• [Stored items]:
*****

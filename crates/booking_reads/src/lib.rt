// What the ledger reports of one booking from its own words and those of its ancestry and rivals. Each function answers what the
// law's definition of the same name says, and changes nothing.
#![tactic(auto)]

pub mod booking;
pub mod lead;
pub mod size;
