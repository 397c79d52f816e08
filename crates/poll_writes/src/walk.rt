// A walk over the members of an ancestry, in rising number, each once: bits know no paths. What is done at a member is its parameter.
ghost use Rattle.std.specs.Prelude.{◌≡◌, List, ℕ, ◌≤◌, ◌<◌, length};
ghost use Rattle.loops.specs.Turns.{up_to};
ghost use Rattle.rules.specs.Layout.{most_bookings};
ghost use Rattle.bits.specs.Members.{bit_words, members_in};
ghost use Rattle.poll_writes.specs.Walk.{at_member};

// What the task does, at each member below n. A word of members is loaded once for its numbers.
pub(crate) fn walk<T: Task>(w: &mut [u16], members: &[u64], n: usize)
    requires fits { (n ≤ most_bookings) × (length members.now ≡ bit_words) }
    requires ready { (j : ℕ) → j < n → T.ready (up_to (at_member T.done (members_in members.now)) j w.old) j }
    ensures { w.new ≡ up_to (at_member T.done (members_in members.now)) n w.old }
{
    for q in 0..n.div_ceil(bits::WORD_BITS) {
        let word = members[q];
        let start = bits::WORD_BITS * q;
        for j in start..bits::word_end(start, n) {
            if bits::has_bit(word, j % bits::WORD_BITS) {
                T::act(w, j);
            }
        }
    }
}

// What is done at a member.
pub(crate) trait Task {
    // The words after it was done at a booking, and what that needs of the words before.
    ghost done: { ℕ → List ℕ → List ℕ };

    ghost ready: { List ℕ → ℕ → Type 0 };

    fn act(w: &mut [u16], j: usize)
        requires { ready w.old j }
        ensures { w.new ≡ done j w.old };
}
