// Where a failed poll clears, the counter of every slot in the ancestry becomes 0, whoever is last there.
ghost use Rattle.std.specs.Prelude.{◌≡◌, ◌<◌, length};
ghost use Rattle.rules.specs.Layout.{size, most_bookings, slots, counter_field, slot_of, with_entry};
ghost use Rattle.rules.specs.Poll.{cleared};
ghost use Rattle.bits.specs.Members.{bit_words, members_in};
ghost use Rattle.poll_writes.specs.Clearing.{Clearing};

use crate::walk;
use crate::walk::Task;
use rules::layout;

// The counter of j's slot.
fn clear_one(w: &mut [u16], j: usize)
    requires { (length w.old ≡ size) × (j < most_bookings) × (slot_of w.old j < slots) }
    ensures { w.new ≡ with_entry w.old (slot_of w.old j) counter_field 0 }
{
    let s = words::wide_field(w, j, layout::SLOT);
    words::set_entry(w, s, layout::COUNTER, 0);
}

struct Clears;

impl Task for Clears {
    ghost done = { λ j w. with_entry w (slot_of w j) counter_field 0 };

    ghost ready = { λ w j. (length w ≡ size) × (j < most_bookings) × (slot_of w j < slots) };

    fn act(w: &mut [u16], j: usize) {
        clear_one(w, j);
    }
}

// Each member below n.
pub fn clear(w: &mut [u16], members: &[u64], n: usize)
    requires { Clearing w.old n × (length members.now ≡ bit_words) }
    ensures { w.new ≡ cleared (members_in members.now) n w.old }
{
    walk::walk::<Clears>(w, members, n);
}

*****

• [Work item]: Would you transcribe every entry exactly, leaving nothing out?

• [Solution]:
filename crates/booking_reads/src/lib.rt
// What the ledger reports of one booking from its own words and those of its ancestry and rivals. Each function answers what the
// law's definition of the same name says, and changes nothing.
#![tactic(auto)]

pub mod booking;
pub mod lead;
pub mod size;
repository 397c79d52f816e08
filename crates/poll_writes/src/walk.rt
// A walk over the members of an ancestry, in rising number, each once: bits know no paths. What is done at a member is its parameter.
ghost use Rattle.std.specs.Prelude.{◌≡◌, List, ℕ, ◌≤◌, ◌<◌, length};
ghost use Rattle.loops.specs.Turns.{up_to};
ghost use Rattle.rules.specs.Layout.{most_bookings};
ghost use Rattle.bits.specs.Members.{bit_words, members_in};
ghost use Rattle.poll_writes.specs.Walk.{at_member};

// What the task does, at each member below n. A word of members is loaded once for its numbers.
pub(crate) fn walk<T: Task>(w: &mut [u16], members: &[u64], n: usize)
    requires fits { (n ≤ most_bookings) × (length members.now ≡ bit_words) }
    requires ready { (j : ℕ) → j < n → T.ready (up_to (at_member T.done (members_in members.now)) j w.old) j }
    ensures { w.new ≡ up_to (at_member T.done (members_in members.now)) n w.old }
{
    for q in 0..n.div_ceil(bits::WORD_BITS) {
        let word = members[q];
        let start = bits::WORD_BITS * q;
        for j in start..bits::word_end(start, n) {
            if bits::has_bit(word, j % bits::WORD_BITS) {
                T::act(w, j);
            }
        }
    }
}

// What is done at a member.
pub(crate) trait Task {
    // The words after it was done at a booking, and what that needs of the words before.
    ghost done: { ℕ → List ℕ → List ℕ };

    ghost ready: { List ℕ → ℕ → Type 0 };

    fn act(w: &mut [u16], j: usize)
        requires { ready w.old j }
        ensures { w.new ≡ done j w.old };
}
// Where a failed poll clears, the counter of every slot in the ancestry becomes 0, whoever is last there.
ghost use Rattle.std.specs.Prelude.{◌≡◌, ◌<◌, length};
ghost use Rattle.rules.specs.Layout.{size, most_bookings, slots, counter_field, slot_of, with_entry};
ghost use Rattle.rules.specs.Poll.{cleared};
ghost use Rattle.bits.specs.Members.{bit_words, members_in};
ghost use Rattle.poll_writes.specs.Clearing.{Clearing};

use crate::walk;
use crate::walk::Task;
use rules::layout;

// The counter of j's slot.
fn clear_one(w: &mut [u16], j: usize)
    requires { (length w.old ≡ size) × (j < most_bookings) × (slot_of w.old j < slots) }
    ensures { w.new ≡ with_entry w.old (slot_of w.old j) counter_field 0 }
{
    let s = words::wide_field(w, j, layout::SLOT);
    words::set_entry(w, s, layout::COUNTER, 0);
}

struct Clears;

impl Task for Clears {
    ghost done = { λ j w. with_entry w (slot_of w j) counter_field 0 };

    ghost ready = { λ w j. (length w ≡ size) × (j < most_bookings) × (slot_of w j < slots) };

    fn act(w: &mut [u16], j: usize) {
        clear_one(w, j);
    }
}

// Each member below n.
pub fn clear(w: &mut [u16], members: &[u64], n: usize)
    requires { Clearing w.old n × (length members.now ≡ bit_words) }
    ensures { w.new ≡ cleared (members_in members.now) n w.old }
{
    walk::walk::<Clears>(w, members, n);
}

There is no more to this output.